#### Records for the task
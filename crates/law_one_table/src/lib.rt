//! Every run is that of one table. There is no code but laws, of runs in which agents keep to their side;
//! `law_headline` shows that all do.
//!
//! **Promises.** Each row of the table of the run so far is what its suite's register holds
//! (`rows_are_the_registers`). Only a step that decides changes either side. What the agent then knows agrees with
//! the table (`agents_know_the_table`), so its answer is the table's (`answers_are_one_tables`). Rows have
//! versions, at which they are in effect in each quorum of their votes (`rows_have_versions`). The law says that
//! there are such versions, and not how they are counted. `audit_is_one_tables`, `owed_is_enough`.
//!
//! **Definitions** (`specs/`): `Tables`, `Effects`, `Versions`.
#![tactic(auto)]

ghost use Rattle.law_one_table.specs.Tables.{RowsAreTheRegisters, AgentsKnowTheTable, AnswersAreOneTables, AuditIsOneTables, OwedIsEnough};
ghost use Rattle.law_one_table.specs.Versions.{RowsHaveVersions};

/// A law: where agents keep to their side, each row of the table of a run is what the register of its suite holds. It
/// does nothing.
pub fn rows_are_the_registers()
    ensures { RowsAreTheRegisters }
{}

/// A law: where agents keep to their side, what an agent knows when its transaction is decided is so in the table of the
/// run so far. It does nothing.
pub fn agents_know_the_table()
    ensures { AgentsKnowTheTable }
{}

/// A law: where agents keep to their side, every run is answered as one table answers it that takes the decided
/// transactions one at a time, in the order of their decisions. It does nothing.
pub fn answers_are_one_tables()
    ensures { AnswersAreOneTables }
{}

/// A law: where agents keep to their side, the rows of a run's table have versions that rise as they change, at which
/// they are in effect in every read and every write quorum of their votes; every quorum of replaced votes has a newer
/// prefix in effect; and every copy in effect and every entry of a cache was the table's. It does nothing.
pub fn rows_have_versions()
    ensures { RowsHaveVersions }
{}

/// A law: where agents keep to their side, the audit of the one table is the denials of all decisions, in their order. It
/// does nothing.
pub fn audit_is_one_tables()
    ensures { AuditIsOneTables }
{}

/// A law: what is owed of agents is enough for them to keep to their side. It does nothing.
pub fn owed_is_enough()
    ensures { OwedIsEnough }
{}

==

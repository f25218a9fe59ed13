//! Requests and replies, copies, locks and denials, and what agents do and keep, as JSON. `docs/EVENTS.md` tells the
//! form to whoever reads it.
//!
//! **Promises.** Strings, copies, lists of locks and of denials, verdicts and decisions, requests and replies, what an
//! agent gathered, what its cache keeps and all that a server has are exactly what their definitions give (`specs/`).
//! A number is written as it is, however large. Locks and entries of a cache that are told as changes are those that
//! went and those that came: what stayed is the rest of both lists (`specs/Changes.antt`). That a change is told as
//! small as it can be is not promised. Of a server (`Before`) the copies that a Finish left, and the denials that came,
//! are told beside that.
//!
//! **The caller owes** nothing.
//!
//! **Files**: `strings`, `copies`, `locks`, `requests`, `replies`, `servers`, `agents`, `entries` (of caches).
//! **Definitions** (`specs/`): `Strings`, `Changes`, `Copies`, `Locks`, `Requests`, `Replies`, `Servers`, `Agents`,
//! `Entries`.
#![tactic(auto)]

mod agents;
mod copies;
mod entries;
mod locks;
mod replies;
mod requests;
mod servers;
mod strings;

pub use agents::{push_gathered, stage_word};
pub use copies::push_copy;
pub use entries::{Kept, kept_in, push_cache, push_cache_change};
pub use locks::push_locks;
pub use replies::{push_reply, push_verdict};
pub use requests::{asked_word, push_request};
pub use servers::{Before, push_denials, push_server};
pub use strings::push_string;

* * *

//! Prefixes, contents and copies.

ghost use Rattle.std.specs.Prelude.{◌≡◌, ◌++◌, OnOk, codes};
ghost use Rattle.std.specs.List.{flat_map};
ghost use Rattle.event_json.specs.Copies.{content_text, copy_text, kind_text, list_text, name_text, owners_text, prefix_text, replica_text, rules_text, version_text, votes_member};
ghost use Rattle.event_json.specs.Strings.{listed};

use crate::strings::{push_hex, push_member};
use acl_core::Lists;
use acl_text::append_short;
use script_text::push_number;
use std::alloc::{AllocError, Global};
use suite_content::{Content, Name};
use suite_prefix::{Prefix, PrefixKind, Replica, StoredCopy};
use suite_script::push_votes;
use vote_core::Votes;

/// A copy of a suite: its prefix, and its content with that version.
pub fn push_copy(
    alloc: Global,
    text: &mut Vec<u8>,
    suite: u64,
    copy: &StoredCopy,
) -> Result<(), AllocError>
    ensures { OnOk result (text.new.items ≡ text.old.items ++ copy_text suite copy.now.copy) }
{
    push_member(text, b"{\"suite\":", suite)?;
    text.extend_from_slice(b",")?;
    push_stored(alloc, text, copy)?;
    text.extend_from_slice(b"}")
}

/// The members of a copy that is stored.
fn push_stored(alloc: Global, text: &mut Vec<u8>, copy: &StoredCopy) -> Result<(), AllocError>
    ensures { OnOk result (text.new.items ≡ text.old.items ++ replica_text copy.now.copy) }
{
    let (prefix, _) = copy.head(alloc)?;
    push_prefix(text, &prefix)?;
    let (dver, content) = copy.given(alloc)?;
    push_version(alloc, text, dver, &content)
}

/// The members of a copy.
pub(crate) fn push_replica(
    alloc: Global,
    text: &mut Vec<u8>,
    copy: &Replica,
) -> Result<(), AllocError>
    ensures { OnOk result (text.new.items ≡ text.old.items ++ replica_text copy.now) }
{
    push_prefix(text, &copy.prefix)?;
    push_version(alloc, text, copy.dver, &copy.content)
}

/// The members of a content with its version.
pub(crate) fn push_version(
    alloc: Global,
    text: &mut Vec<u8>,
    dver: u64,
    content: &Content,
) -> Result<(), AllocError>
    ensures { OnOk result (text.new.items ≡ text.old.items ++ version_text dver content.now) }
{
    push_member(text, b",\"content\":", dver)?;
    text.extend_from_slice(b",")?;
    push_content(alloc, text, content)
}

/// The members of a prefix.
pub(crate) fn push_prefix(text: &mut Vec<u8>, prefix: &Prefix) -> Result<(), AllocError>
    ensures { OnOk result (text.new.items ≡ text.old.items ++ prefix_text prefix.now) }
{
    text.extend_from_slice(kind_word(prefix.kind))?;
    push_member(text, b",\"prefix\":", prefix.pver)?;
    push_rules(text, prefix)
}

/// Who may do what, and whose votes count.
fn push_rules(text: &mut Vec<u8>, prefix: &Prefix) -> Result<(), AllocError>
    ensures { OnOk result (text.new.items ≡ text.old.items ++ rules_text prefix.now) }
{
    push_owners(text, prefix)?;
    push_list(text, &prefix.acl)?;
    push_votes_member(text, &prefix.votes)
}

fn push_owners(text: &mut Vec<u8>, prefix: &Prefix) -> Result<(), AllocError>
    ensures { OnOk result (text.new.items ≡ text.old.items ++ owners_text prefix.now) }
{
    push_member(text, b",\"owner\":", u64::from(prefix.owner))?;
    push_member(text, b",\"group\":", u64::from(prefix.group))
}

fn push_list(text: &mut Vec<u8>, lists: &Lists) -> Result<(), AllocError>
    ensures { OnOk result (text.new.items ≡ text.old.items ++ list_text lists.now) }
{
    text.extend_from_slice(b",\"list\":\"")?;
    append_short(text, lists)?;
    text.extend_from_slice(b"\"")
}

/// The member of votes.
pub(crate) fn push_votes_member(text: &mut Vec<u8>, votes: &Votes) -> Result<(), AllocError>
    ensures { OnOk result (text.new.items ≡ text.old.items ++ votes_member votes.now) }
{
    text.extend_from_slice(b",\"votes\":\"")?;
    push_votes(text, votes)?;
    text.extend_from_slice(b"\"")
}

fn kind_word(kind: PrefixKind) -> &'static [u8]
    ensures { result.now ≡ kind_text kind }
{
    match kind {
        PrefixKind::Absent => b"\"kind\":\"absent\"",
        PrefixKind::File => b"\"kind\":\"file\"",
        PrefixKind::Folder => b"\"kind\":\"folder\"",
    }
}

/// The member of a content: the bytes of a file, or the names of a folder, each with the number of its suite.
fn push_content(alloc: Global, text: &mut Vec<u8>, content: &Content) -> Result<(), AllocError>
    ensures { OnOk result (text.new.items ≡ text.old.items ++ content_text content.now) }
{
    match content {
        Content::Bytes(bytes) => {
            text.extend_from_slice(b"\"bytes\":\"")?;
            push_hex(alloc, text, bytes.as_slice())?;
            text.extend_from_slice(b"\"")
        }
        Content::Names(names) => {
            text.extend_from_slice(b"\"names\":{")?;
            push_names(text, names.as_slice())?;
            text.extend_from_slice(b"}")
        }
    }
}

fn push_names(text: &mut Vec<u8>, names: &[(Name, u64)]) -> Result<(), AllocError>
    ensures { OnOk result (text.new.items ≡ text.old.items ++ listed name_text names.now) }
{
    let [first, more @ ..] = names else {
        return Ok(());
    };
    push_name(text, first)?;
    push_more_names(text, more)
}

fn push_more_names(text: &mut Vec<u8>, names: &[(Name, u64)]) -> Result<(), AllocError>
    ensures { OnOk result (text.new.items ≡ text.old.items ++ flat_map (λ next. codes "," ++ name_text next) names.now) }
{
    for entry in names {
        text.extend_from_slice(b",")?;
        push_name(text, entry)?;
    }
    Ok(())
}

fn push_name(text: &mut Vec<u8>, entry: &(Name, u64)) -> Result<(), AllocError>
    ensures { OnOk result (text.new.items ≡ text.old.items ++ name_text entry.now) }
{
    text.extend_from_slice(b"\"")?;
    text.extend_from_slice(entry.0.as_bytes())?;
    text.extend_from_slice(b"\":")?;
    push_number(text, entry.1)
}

#### The problem
Go through the material and report each line that holds the string "first".

#### Response to the task
    let [first, more @ ..] = names else {
    push_name(text, first)?;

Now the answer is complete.